What you should do
Using the data that follows, say how many lines contain the word "Rattle", giving the number by itself.

Supplied material
==============================

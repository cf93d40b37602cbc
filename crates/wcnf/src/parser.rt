// A text that comes in pieces. Each line is read once its line feed is there, and only what follows
// the last line feed is kept.
ghost use Rattle.std.specs.Prelude.{◌≡◌, ℕ, List, [], ◌∷◌, ◌++◌, ◌+◌, Ok, IfOk, IfErr, OnOk, ◌⊎◌};
ghost use Rattle.text.specs.Text.{IsNoFeed, tokens_of};
ghost use Rattle.wcnf.specs.Wcnf.{Reads};
ghost use Rattle.wcnf.specs.Reading.{IsFirstFault};
ghost use Rattle.wcnf.specs.Drafts.{drafted_line};
ghost use Rattle.wcnf.specs.Parsing.{HasRead, Ends, IsLineFault, Refuses, NoMemory};

use crate::faults::{FaultKind, NO_MEMORY, ReadFault};
use crate::rows::Draft;
use cnf::types::Instance;
use std::alloc::{AllocError, Global};
use text::buffer::LineBuffer;
use text::pieces::split_line;

/// What the pieces so far leave.
#[derive(Drop)]
pub(crate) struct Parser {
    /// What the lines make that a line feed has ended.
    pub draft: Draft,
    /// The number of the next line, from 1.
    pub number: u64,
    /// What follows the last line feed.
    pub rest: LineBuffer,
}

impl Parser {
    /// The parser of no bytes.
    pub(crate) fn new(alloc: Global) -> Self
        ensures { HasRead result [] }
    {
        Parser {
            draft: Draft::new(alloc),
            number: 1,
            rest: LineBuffer::new(alloc),
        }
    }

    /// Reads the piece, up to its first faulty line.
    pub(crate) fn feed(&mut self, piece: &[u8]) -> Result<(), ReadFault>
        ensures read { OnOk result
            ((bytes : List ℕ) → HasRead self.old bytes → HasRead self.new (bytes ++ piece.now)) }
        ensures fault { IfErr result (Refuses self.old piece.now) }
    {
        let mut left = piece;
        while let Some((end, after)) = split_line(left) {
            self.end_line(end)?;
            left = after;
        }
        match self.rest.keep(left) {
            Ok(()) => Ok(()),
            Err(AllocError) => Err(NO_MEMORY),
        }
    }

    /// Reads the line that these bytes and a line feed end.
    fn end_line(&mut self, end: &[u8]) -> Result<(), ReadFault>
        requires { IsNoFeed end.now }
        ensures read { OnOk result ((bytes : List ℕ) → HasRead self.old bytes
            → HasRead self.new (bytes ++ (end.now ++ 10 ∷ []))) }
        ensures fault { IfErr result (Refuses self.old (end.now ++ 10 ∷ [])) }
    {
        let Ok(line) = self.rest.line_ended_by(end) else {
            return Err(NO_MEMORY);
        };
        read_line(&mut self.draft, &mut self.number, line)?;
        self.rest.clear();
        Ok(())
    }

    /// The instance, where nothing follows.
    pub(crate) fn finish(mut self) -> Result<Instance, ReadFault>
        requires { (bytes : List ℕ) × HasRead self bytes }
        ensures instance { IfOk result
            (λ i. (bytes : List ℕ) → HasRead self bytes → Reads bytes i) }
        ensures fault { IfErr result (λ f. NoMemory f
            ⊎ ((bytes : List ℕ) → HasRead self bytes → IsFirstFault bytes f.kind f.line)) }
    {
        self.end_text()?;
        finish_draft(self.draft)
    }

    /// Reads what follows the last line feed, if it is not empty, as one more line.
    fn end_text(&mut self) -> Result<(), ReadFault>
        ensures ends { OnOk result
            ((bytes : List ℕ) → HasRead self.old bytes → Ends self.new.draft bytes) }
        ensures fault { IfErr result (λ f. NoMemory f
            ⊎ ((bytes : List ℕ) → HasRead self.old bytes → IsFirstFault bytes f.kind f.line)) }
    {
        if self.rest.is_empty() {
            return Ok(());
        }
        read_line(&mut self.draft, &mut self.number, self.rest.bytes())?;
        Ok(())
    }
}

/// Reads the line of this number, and counts it.
fn read_line(draft: &mut Draft, number: &mut u64, line: &[u8]) -> Result<(), ReadFault>
    ensures read { OnOk result
        (drafted_line number.old draft.old (tokens_of line.now) ≡ Ok draft.new) }
    ensures counted { OnOk result (number.new ≡ number.old + 1) }
    ensures fault { IfErr result (IsLineFault draft.old number.old line.now) }
{
    if let Err(kind) = draft.read_line(*number, line) {
        return Err(fault_at(kind, *number));
    }
    *number = number.checked_add(1).ok_or(NO_MEMORY)?;
    Ok(())
}

/// The fault that a line met; refused memory is of no line.
fn fault_at(kind: FaultKind, line: u64) -> ReadFault
    ensures memory { kind ≡ FaultKind.Memory → NoMemory result }
    ensures other { (kind ≡ FaultKind.Memory → ⊥)
        → result ≡ record { kind = kind; line = line } }
{
    match kind {
        FaultKind::Memory => NO_MEMORY,
        _ => ReadFault { kind, line },
    }
}

/// The instance that all lines make.
fn finish_draft(draft: Draft) -> Result<Instance, ReadFault>
    requires { (bytes : List ℕ) × Ends draft bytes }
    ensures instance { IfOk result (λ i. (bytes : List ℕ) → Ends draft bytes → Reads bytes i) }
    ensures fault { IfErr result
        (λ f. (bytes : List ℕ) → Ends draft bytes → IsFirstFault bytes f.kind f.line) }
{
    match draft.short() {
        Some(line) => Err(ReadFault {
            kind: FaultKind::Count,
            line,
        }),
        None => Ok(draft.finish()),
    }
}
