//! Prints the keys of the document on standard input, and the kinds of their values.
#![tactic(auto)]

use raw_bson::RawDocument;
use std::io::Read;

fn main(rt: HostRuntime) -> std::io::Result<()> {
    let mut bytes = Vec::new(rt.alloc());
    rt.stdin().read_to_end(&mut bytes)?;
    let Ok(document) = RawDocument::from_bytes(&bytes) else {
        return println!(rt; "no document");
    };
    for item in document.iter(rt.alloc()) {
        match item {
            Ok((key, value)) => println!(rt; "{key}: {}", value.element_type())?,
            Err(error) => println!(rt; "damaged: {error}")?,
        }
    }
    Ok(())
}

==============================

Reply to the exercise
6